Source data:
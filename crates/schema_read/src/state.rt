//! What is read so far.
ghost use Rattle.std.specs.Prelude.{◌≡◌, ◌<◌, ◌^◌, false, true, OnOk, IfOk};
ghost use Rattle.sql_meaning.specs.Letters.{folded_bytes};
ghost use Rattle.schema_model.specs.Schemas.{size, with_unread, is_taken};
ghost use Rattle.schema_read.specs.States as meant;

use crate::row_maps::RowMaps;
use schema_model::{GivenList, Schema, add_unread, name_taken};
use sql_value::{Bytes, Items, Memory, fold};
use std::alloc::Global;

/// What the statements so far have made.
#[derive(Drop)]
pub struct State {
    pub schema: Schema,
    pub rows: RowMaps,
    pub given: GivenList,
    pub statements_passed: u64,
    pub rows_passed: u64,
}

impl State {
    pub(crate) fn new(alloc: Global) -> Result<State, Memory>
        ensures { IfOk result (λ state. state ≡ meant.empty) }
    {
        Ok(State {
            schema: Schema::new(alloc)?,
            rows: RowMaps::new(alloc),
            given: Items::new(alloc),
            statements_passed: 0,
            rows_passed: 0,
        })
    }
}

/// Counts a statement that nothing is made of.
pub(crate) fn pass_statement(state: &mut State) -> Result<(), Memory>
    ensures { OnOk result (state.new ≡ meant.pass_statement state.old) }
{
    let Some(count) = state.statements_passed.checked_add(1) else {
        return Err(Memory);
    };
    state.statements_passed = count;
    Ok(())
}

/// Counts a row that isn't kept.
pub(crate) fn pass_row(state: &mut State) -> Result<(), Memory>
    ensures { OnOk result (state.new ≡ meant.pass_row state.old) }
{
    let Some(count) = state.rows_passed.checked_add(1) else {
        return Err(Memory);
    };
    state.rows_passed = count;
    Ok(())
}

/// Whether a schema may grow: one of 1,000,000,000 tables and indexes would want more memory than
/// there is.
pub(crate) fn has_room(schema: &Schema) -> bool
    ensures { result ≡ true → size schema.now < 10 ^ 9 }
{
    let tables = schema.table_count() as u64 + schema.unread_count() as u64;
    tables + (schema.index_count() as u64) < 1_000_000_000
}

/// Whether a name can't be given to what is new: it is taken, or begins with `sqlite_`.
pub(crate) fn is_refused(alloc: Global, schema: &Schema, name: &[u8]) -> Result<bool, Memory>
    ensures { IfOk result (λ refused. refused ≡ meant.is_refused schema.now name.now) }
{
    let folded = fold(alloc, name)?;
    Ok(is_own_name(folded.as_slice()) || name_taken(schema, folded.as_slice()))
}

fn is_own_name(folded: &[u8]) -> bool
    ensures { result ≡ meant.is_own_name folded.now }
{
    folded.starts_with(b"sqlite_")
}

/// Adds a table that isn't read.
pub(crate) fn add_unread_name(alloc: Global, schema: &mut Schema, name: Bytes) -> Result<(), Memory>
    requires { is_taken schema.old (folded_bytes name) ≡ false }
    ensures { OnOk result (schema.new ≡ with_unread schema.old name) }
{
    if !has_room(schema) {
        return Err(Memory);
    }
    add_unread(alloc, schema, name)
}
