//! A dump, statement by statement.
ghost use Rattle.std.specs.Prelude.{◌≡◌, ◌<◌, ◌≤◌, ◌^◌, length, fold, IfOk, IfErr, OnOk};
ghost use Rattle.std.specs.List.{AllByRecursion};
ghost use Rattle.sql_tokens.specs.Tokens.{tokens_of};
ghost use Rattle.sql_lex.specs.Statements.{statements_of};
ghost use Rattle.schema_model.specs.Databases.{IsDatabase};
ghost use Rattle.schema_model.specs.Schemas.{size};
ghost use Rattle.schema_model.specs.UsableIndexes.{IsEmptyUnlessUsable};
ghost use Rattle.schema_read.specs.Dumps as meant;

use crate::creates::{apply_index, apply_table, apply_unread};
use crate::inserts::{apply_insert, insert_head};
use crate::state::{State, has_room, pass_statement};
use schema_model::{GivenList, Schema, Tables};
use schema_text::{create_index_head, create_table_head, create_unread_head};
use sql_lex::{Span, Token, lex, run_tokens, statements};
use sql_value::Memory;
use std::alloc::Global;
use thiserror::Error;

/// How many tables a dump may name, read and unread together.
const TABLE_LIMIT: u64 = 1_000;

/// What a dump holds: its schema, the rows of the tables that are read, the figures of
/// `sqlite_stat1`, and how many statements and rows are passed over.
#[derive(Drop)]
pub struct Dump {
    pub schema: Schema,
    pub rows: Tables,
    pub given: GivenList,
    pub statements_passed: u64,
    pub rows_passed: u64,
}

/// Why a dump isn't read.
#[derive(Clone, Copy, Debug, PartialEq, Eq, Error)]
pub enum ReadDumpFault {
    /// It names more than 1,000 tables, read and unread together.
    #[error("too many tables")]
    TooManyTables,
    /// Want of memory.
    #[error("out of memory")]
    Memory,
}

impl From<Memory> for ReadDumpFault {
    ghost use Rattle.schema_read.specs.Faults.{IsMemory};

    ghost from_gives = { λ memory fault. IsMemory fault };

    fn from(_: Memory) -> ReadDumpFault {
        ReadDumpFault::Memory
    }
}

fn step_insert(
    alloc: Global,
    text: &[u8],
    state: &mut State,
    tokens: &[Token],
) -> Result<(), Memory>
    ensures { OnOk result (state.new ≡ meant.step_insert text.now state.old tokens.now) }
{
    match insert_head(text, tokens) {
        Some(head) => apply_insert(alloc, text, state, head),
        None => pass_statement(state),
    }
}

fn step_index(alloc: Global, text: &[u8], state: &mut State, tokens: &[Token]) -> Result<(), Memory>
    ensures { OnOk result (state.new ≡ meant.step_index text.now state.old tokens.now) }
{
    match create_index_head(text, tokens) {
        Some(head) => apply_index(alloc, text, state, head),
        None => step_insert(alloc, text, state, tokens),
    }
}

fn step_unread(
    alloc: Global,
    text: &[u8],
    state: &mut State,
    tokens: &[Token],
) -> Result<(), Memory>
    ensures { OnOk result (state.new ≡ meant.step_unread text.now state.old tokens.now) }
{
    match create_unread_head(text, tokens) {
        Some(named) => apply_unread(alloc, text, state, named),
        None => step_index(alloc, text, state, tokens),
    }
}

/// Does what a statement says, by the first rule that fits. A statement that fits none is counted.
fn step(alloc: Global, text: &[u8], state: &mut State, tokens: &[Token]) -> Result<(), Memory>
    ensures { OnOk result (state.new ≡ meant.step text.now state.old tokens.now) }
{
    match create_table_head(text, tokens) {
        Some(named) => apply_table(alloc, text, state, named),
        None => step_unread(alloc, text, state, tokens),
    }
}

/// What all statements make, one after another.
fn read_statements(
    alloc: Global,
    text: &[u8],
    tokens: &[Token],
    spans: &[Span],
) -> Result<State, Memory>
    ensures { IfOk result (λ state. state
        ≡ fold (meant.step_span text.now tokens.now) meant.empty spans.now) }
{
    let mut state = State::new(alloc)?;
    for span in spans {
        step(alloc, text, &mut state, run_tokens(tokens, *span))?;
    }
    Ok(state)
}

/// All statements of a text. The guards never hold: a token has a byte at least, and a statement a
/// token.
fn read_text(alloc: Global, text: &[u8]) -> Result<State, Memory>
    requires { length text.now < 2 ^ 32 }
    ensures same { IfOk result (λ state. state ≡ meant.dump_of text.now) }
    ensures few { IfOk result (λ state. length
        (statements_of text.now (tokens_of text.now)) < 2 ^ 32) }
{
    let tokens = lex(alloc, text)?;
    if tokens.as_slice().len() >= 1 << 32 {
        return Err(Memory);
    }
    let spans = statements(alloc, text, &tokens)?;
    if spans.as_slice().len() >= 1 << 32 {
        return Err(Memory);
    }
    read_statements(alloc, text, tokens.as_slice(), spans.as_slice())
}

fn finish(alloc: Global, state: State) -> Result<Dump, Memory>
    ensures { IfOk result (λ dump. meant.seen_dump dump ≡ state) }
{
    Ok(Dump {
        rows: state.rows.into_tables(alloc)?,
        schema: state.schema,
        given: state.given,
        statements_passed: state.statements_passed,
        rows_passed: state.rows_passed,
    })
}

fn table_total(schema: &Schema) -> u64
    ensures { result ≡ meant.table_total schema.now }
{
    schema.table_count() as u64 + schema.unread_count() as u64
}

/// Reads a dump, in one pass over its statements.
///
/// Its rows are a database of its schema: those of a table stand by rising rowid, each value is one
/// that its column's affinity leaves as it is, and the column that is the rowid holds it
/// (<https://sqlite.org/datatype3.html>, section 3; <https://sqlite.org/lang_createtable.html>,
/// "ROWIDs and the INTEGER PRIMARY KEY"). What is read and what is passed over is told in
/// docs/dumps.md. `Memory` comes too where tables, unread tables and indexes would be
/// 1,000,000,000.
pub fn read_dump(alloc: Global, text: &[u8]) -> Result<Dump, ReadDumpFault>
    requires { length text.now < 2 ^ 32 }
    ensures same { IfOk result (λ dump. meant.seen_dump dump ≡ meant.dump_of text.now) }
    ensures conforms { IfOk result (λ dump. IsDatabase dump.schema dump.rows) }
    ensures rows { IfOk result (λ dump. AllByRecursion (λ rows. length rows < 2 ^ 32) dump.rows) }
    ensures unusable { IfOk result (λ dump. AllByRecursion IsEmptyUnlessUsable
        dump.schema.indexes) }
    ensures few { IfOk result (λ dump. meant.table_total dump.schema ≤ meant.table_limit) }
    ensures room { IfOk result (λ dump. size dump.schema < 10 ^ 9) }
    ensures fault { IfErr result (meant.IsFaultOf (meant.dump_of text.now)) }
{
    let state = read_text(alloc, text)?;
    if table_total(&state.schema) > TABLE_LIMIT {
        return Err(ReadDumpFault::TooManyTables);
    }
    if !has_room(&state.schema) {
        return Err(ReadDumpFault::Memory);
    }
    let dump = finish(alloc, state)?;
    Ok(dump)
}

* * *

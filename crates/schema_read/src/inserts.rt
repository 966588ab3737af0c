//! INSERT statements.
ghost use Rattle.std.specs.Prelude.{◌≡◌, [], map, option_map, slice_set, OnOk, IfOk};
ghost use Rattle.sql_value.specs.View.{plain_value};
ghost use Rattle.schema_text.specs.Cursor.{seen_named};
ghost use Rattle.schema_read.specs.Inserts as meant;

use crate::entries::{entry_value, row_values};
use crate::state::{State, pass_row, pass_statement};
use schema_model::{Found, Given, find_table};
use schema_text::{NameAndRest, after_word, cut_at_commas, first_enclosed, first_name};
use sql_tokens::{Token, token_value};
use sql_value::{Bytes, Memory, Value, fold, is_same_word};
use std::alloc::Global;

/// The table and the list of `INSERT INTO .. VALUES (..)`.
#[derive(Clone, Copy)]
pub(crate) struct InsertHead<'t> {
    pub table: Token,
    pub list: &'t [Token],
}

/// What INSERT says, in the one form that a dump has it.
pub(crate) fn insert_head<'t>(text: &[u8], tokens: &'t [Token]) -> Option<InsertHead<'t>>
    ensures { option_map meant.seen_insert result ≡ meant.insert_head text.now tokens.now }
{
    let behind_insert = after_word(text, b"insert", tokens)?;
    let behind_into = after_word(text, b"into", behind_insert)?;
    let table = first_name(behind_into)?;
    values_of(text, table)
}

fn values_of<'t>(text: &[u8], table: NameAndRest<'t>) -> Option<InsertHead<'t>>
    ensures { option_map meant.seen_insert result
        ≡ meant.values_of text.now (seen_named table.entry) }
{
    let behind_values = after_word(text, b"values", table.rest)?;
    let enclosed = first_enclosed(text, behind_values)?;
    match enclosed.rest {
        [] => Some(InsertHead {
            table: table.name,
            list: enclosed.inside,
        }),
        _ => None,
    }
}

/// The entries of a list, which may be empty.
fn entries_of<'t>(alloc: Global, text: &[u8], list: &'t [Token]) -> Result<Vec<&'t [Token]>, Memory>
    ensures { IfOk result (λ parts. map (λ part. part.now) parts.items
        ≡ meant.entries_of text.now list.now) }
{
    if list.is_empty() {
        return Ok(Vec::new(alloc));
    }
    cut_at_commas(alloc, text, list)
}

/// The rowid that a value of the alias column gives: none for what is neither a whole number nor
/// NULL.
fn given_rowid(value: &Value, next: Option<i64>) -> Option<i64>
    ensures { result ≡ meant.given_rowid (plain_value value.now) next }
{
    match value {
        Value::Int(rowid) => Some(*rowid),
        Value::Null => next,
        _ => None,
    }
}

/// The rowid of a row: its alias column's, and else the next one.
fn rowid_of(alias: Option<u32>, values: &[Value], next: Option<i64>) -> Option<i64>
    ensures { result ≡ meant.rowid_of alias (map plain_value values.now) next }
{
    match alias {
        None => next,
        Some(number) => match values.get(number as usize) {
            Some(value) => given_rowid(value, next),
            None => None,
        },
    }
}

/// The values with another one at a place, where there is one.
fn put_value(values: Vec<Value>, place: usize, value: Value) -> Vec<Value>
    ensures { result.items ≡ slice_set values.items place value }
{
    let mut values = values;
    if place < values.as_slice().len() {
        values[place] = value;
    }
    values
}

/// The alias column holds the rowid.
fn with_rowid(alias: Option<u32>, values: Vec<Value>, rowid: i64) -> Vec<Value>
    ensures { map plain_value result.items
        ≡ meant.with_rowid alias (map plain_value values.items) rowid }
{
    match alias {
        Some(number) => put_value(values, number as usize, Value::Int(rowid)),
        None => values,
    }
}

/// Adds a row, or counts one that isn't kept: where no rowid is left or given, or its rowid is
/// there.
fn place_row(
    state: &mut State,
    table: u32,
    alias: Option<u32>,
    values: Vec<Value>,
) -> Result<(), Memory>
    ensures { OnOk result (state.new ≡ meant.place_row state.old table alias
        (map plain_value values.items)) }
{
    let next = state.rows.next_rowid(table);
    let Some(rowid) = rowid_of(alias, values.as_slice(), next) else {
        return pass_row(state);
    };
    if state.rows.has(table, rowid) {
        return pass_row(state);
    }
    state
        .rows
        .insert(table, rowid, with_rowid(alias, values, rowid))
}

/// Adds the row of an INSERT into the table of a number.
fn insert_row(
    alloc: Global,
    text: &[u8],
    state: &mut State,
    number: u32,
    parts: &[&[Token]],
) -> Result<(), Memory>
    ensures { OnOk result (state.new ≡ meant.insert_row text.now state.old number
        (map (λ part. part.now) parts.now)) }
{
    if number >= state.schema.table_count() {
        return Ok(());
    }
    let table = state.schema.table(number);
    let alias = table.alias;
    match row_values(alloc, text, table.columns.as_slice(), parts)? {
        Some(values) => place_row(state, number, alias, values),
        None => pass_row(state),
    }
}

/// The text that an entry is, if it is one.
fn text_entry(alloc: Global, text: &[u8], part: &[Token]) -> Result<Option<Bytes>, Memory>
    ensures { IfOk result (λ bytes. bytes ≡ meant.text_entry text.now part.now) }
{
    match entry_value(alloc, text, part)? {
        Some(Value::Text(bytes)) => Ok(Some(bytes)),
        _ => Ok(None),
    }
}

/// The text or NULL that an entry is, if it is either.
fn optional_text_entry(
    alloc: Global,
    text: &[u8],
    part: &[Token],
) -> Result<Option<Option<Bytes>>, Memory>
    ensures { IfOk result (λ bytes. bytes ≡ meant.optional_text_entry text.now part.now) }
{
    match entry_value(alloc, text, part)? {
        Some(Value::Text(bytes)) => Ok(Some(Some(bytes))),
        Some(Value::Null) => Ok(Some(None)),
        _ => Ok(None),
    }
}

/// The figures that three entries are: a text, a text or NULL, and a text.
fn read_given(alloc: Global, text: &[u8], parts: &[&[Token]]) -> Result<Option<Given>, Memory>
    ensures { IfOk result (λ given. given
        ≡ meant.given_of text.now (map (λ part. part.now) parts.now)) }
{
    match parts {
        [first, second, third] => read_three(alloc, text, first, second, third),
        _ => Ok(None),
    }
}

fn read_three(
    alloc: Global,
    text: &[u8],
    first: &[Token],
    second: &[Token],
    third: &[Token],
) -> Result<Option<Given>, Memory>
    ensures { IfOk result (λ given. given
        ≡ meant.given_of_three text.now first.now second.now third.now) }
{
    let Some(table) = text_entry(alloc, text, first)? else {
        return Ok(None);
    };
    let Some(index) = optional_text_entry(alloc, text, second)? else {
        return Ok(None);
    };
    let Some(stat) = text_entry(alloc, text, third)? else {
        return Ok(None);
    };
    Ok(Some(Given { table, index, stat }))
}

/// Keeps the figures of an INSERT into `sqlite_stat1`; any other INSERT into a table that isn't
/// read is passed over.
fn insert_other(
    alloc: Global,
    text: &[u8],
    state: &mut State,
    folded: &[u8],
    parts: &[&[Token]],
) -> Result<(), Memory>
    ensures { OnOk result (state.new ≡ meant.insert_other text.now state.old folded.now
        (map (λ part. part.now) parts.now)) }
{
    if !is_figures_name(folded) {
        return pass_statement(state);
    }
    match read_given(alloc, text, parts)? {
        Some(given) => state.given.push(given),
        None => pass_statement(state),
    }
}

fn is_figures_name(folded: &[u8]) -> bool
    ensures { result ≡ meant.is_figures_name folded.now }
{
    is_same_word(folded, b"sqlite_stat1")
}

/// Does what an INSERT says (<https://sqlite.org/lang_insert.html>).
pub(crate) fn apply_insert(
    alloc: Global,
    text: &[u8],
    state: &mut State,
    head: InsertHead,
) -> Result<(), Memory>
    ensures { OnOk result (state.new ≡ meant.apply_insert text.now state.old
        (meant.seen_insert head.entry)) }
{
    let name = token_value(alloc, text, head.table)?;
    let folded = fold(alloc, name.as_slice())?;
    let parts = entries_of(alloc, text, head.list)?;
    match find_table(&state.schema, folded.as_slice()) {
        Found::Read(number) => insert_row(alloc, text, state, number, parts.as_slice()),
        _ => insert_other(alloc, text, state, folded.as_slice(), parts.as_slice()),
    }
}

* * *

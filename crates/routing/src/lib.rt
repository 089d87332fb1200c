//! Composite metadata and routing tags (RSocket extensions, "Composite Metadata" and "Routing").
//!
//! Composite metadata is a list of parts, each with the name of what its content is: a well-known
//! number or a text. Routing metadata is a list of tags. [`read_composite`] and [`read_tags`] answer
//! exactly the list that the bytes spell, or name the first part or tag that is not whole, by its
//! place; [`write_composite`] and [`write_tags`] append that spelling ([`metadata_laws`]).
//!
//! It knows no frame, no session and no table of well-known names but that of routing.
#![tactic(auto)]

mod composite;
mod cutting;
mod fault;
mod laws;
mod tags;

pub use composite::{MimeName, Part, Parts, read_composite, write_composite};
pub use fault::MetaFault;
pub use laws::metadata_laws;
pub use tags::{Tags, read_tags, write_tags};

• [Your instructions]
Please filter the entries above down to the lines holding "NameAndRest" and copy them.

• [Task output]
use schema_text::{NameAndRest, after_word, cut_at_commas, first_enclosed, first_name};
fn values_of<'t>(text: &[u8], table: NameAndRest<'t>) -> Option<InsertHead<'t>>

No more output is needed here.